Weapon experts at the time claimed that the INSAS 5.56mm AR was eventually an 'amalgam' of Kalashnikov, FN-FAL, the G41 and AUG designs and overall not in consonance with modern engineering production techniques which, in turn, would render it expensive.
The INSAS AR was eventually priced at around Rs 16,000-18,000 per rifle compared to the imported Bulgarian AK 47's that cost around $93 each or around Rs 2800 at the prevailing exchange rate.
"The INSAS AR is a non-competitive weapon system and the army became a tied customer with little choice but to pay the asking price however high it might be and whatever operational objections it had to the rifle," a senior Infantry officer admitted.
For, unlike the financially accountable private sector, the OFB's costing is flexible and being government-owned their manpower is considered "free" and cost, time and technological overruns matter little, he added.

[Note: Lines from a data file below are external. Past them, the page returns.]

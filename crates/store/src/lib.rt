// Bytes put into a lent buffer at a place, where there is room for them.
#![tactic(auto)]

ghost use Rattle.store.specs.Store.{Put};

// Copies `src` into `buf` from `at` on, and tells whether it had room; where it had none, `buf` stays as it was. `Put` speaks of that `bool`.
#[tactic(auto, using(crate::proofs::Laws::put_full, crate::proofs::Laws::put_done))]
pub fn put(buf: &mut [u8], at: usize, src: &[u8]) -> bool
    ensures { Put buf.old at src.now result buf.new }
{
    if buf.len() < at {
        return false;
    }
    if buf.len() - at < src.len() {
        return false;
    }
    buf[at..at + src.len()].copy_from_slice(src);
    true
}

The initial INSAS family of 5.56 mm weapons also included a light machine gun and carbine, both of which had long been abandoned necessitating hugely expensive imports nearly two decades later.
Consequently, last December the MoD dispatched a RfP to 40-odd overseas vendors to acquire 44,618 5.56mm close quarter battle carbines and 33.6 million rounds of ammunition for an estimated Rs 2000 crore.
This tender too mandates a 30 per cent offset liability and transfer of technology to the OFB to build around 400,000 CQB carbines to replace the outmoded 9mm model currently being used by the army.
In 2004-05 the army had projected a requirement for 420,000-odd CBQ and new generation protective carbines for its 359 infantry battalions and 66 associated RR units but it took the MoD five years before issuing the RfP for them.